Nepenthes mirabilis (Lour.) Rafarin (Nepenthaceae) is a carnivorous plant used as a folk medicine in the treatment of jaundice, hepatitis, gastric ulcers, ureteral stones, diarrhea, diabetes, and high blood pressure. Neither the phytochemical content nor biological activities of N. mirabilis have been reported.

OBJECTIVE

The anti-inflammatory activity from the N. mirabilis methanolic extract led to the isolation of compounds (1-26).

METHODS

Chromatographic methods were used to isolate compounds from the methanol extract of N. mirabilis branches and leaves. The anti-inflammatory activity of these isolated compounds was investigated in lipopolysaccharide (LPS)-stimulated bone marrow-derived dendritic cells (BMDCs) using ELISA. Primary BMDCs were used to examine the production of pro-inflammatory cytokines (IL-12 p40, IL-6, and TNF-α, at concentrations of 0.1, 0.2, and 1.0 μM) as compared with a positive control, SB203580 (1.0 μM). MTT assays showed that isolated compounds (1-26) did not exhibit significant cytotoxicity at concentrations up to 20.0 μM.

RESULTS

Compound 9 showed potent inhibition of IL-12 p40, IL-6, and TNF-α production (IC50 = 0.17 ± 0.02, 0.46 ± 0.01, and 8.28 ± 0.21 μM, respectively). Compound 4 showed potent inhibition of IL-12 p40 and IL-6 production (IC50 = 1.17 ± 0.01 and 2.15 ± 0.04 μM). In addition, IL-12 p40 inhibition by naphthalene derivatives (1-7, 9, and 10), phenolic compounds (11-15), lupeone (18), and flavonoids (22, 25, and 26) was more potent than with the positive control.

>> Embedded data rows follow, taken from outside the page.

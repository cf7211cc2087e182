// Walls as text, what is asked of them, and charts: good ones, and each kind of mistake.
#![tactic(auto)]

#[cfg(test)]
mod tests {
    use rows::Row;
    use std::alloc::{AllocError, Global};
    use std::test::Fail;
    use wall_reader::{
        Filter, Form, Hours, Mark, bar, chart, chosen, csv_text, parse_words, print_and_read, read,
        rows_text,
    };

    // A text, and what is said of it.
    const BAD: [(&str, &str); 13] = [
        ("\nhour 1 place 2: 3\n", "line 1: this line is blank"),
        ("hour 1 place 2: 3\n \t\r\n", "line 2: this line is blank"),
        (
            "hour 1 place 2:\n",
            "line 1: a row is `hour H place P: S`, and here are too few words",
        ),
        (
            "hour 1 place 2 : 3\n",
            "line 1: a row is `hour H place P: S`, and here are too many words",
        ),
        (
            "hour 1 place 2: 3 # told twice\n",
            "line 1: a row is `hour H place P: S`, and here are too many words",
        ),
        (
            "hours 1 place 2: 3\n",
            "line 1: the first word is not `hour`",
        ),
        (
            "hour one place 2: 3\n",
            "line 1: the hour is not a number below 2^64",
        ),
        (
            "hour 1 place 2: 3\nhour 1 plaice 2: 3\n",
            "line 2: the third word is not `place`",
        ),
        (
            "hour 1 place 2 3\n",
            "line 1: the place is not a number below 2^64 and a colon",
        ),
        (
            "hour 1 place : 3\n",
            "line 1: the place is not a number below 2^64 and a colon",
        ),
        (
            "hour 1 place 2: 18446744073709551616\n",
            "line 1: the sum is not a number below 2^64",
        ),
        (
            "hour 1 place 2: 3\nhour 2 place 2: 4\nhour 1 place 2: 5\nhour\n",
            "line 3: hour 1 place 2 is 5 here and 3 above",
        ),
        (
            "hour 1 place 2: 3\nhour 1 place 2: 3\nhour 1 place 2: 5\n",
            "line 3: hour 1 place 2 is 5 here and 3 above",
        ),
    ];

    const WALL: &str =
        "hour 9 place 1: 12\r\nhour 3 place 2: 7\n hour  12 place 1: 40\nhour 9 place 1: 12\nhour 9 place 0: 26\nhour 8 place 1: 80\n";

    #[test]
    fn a_row_that_is_printed_is_read(rt: HostRuntime) -> Result<(), Fail> {
        let row = Row {
            hour: 9,
            place: 1023,
            sum: u64::MAX,
        };
        assert!(rt; print_and_read(rt.alloc(), row)? == Ok(row));
        Ok(())
    }

    #[test]
    fn mistakes_are_told(rt: HostRuntime) -> Result<(), Fail> {
        let heap = rt.alloc();
        for (text, told) in BAD {
            let Err(mistake) = read(heap, text) else {
                return Err(Fail::new(text));
            };
            assert!(rt; format!(in heap; "{mistake}")?.as_str() == told, "{}", text);
        }
        Ok(())
    }

    // A row torn in its sum, in a word and in a blank, one that would contradict, and one that lacks its end alone.
    const TORN: [&str; 5] = [
        "hour 3 place 1023: 42949",
        "hour 3 pla",
        "hour 3 ",
        "hour 1 place 2: 4",
        "hour 3 place 1023: 4294967295",
    ];

    #[test]
    fn a_last_line_without_its_end_is_left_out(rt: HostRuntime) -> Result<(), Fail> {
        let heap = rt.alloc();
        for torn in TORN {
            let text = format!(in heap; "hour 1 place 2: 40\n{torn}")?;
            let Ok(rows) = read(heap, text.as_str()) else {
                return Err(Fail::new(torn));
            };
            assert!(rt;
                rows_text(heap, rows.as_slice())?.as_str() == "hour 1 place 2: 40\n",
                "{}",
                torn
            );
        }
        Ok(())
    }

    // The rows of the wall that are asked for.
    fn rows_of(heap: Global, filter: &Filter) -> Result<Vec<Row>, AllocError> {
        match read(heap, WALL) {
            Ok(rows) => chosen(heap, rows.as_slice(), filter),
            Err(_) => Ok(Vec::new(heap)),
        }
    }

    #[test]
    fn rows_stand_once_and_in_order(rt: HostRuntime) -> Result<(), Fail> {
        let heap = rt.alloc();
        let all = rows_of(heap, &Filter::ALL)?;
        assert_eq!(rt;
            rows_text(heap, all.as_slice())?.as_str(),
            "hour 3 place 2: 7\nhour 8 place 1: 80\nhour 9 place 0: 26\nhour 9 place 1: 12\nhour 12 place 1: 40\n"
        );
        Ok(())
    }

    #[test]
    fn rows_are_comma_separated(rt: HostRuntime) -> Result<(), Fail> {
        let heap = rt.alloc();
        let all = rows_of(heap, &Filter::ALL)?;
        assert_eq!(rt;
            csv_text(heap, all.as_slice())?.as_str(),
            "hour,place,sum\n3,2,7\n8,1,80\n9,0,26\n9,1,12\n12,1,40\n"
        );
        assert_eq!(rt; csv_text(heap, &[])?.as_str(), "hour,place,sum\n");
        Ok(())
    }

    #[test]
    fn rows_are_asked_for(rt: HostRuntime) -> Result<(), Fail> {
        let heap = rt.alloc();
        let filter = Filter {
            hour: None,
            hours: Some(Hours { from: 3, to: 12 }),
            place: Some(1),
        };
        let some = rows_of(heap, &filter)?;
        assert_eq!(rt;
            rows_text(heap, some.as_slice())?.as_str(),
            "hour 8 place 1: 80\nhour 9 place 1: 12\n"
        );
        let filter = Filter {
            hour: Some(9),
            hours: None,
            place: None,
        };
        let some = rows_of(heap, &filter)?;
        assert_eq!(rt;
            rows_text(heap, some.as_slice())?.as_str(),
            "hour 9 place 0: 26\nhour 9 place 1: 12\n"
        );
        Ok(())
    }

    #[test]
    fn a_chart_is_of_one_place(rt: HostRuntime) -> Result<(), Fail> {
        let heap = rt.alloc();
        let filter = Filter {
            hour: None,
            hours: None,
            place: Some(1),
        };
        let rows = rows_of(heap, &filter)?;
        let Ok(marks) = chart(heap, rows.as_slice()) else {
            return Err(Fail::new("no chart of place 1"));
        };
        let drawn = [
            Mark::Bar {
                hour: 8,
                length: 50,
                sum: 80,
            },
            Mark::Bar {
                hour: 9,
                length: 7,
                sum: 12,
            },
            Mark::Gap,
            Mark::Bar {
                hour: 12,
                length: 25,
                sum: 40,
            },
        ];
        assert!(rt; marks.as_slice() == drawn.as_slice());
        Ok(())
    }

    #[test]
    fn other_charts_are_refused(rt: HostRuntime) -> Result<(), Fail> {
        let heap = rt.alloc();
        let all = rows_of(heap, &Filter::ALL)?;
        let Err(mistake) = chart(heap, all.as_slice()) else {
            return Err(Fail::new("a chart of three places"));
        };
        assert_eq!(rt;
            format!(in heap; "{mistake}")?.as_str(),
            "a chart is of one place, and here are places 2 and 1"
        );
        let Err(mistake) = chart(heap, &[]) else {
            return Err(Fail::new("a chart of nothing"));
        };
        assert_eq!(rt;
            format!(in heap; "{mistake}")?.as_str(),
            "there are no rows to chart"
        );
        Ok(())
    }

    #[test]
    fn bars_are_in_proportion(rt: HostRuntime) {
        assert_eq!(rt; bar(12, 80, 50), 7);
        assert_eq!(rt; bar(0, 0, 50), 0);
        assert_eq!(rt; bar(u64::MAX, u64::MAX, u64::MAX), u64::MAX);
        assert_eq!(rt; bar(9, 3, 50), 50);
    }

    // The words, kept apart by blanks.
    fn words(heap: Global, line: &str) -> Result<Vec<String>, AllocError> {
        let mut words = Vec::new(heap);
        for word in line.split(' ') {
            words.push(String::from_str(heap, word)?)?;
        }
        Ok(words)
    }

    // Words, the one that is wrong, and what is said of it.
    const MISUSED: [(&str, usize, &str); 13] = [
        ("--frob", 0, "there is no such option"),
        ("-", 0, "there is no such option"),
        ("a --csv b", 2, "a file is named already"),
        ("a --hour", 1, "its value is missing"),
        ("--hour --csv", 1, "this is not a number below 2^64"),
        ("--place x", 1, "this is not a number below 2^64"),
        ("--hours 3", 1, "hours are two numbers below 2^64, as 3..12"),
        (
            "--hours 3...9",
            1,
            "hours are two numbers below 2^64, as 3..12",
        ),
        (
            "--hours 9..3",
            1,
            "no hours are from the first up to the second",
        ),
        (
            "--hours 3..3",
            1,
            "no hours are from the first up to the second",
        ),
        ("--hour 3 a --hour 3", 3, "this option is given already"),
        ("--csv --chart", 1, "--csv or --chart is given already"),
        ("--chart --chart", 1, "--csv or --chart is given already"),
    ];

    #[test]
    fn wrong_words_are_told(rt: HostRuntime) -> Result<(), Fail> {
        let heap = rt.alloc();
        for (line, word, told) in MISUSED {
            let Err(misuse) = parse_words(words(heap, line)?.as_slice()) else {
                return Err(Fail::new(line));
            };
            let complaint = misuse.complaint;
            assert!(rt; misuse.word == word, "{}", line);
            assert!(rt;
                format!(in heap; "{complaint}")?.as_str() == told,
                "{}",
                line
            );
        }
        Ok(())
    }

    #[test]
    fn words_are_read(rt: HostRuntime) -> Result<(), Fail> {
        let heap = rt.alloc();
        let line = "--hours 3..12 wall.txt --place 4 --hour 5 --chart --help";
        let Ok(request) = parse_words(words(heap, line)?.as_slice()) else {
            return Err(Fail::new(line));
        };
        assert_eq!(rt; request.file, Some(2));
        assert_eq!(rt; request.filter.hours, Some(Hours { from: 3, to: 12 }));
        assert_eq!(rt; request.filter.place, Some(4));
        assert_eq!(rt; request.filter.hour, Some(5));
        assert_eq!(rt; request.form, Form::Chart);
        assert!(rt; request.help);
        Ok(())
    }
}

The isolated compounds exhibited little and/or no inhibitory effects on TNF-α production in LPS-stimulated BMDCs.

CONCLUSIONS

Taken together, these data suggest that the isolated components have significant inhibitory effects on pro-inflammatory cytokine production and warrant further study concerning their potential medicinal use.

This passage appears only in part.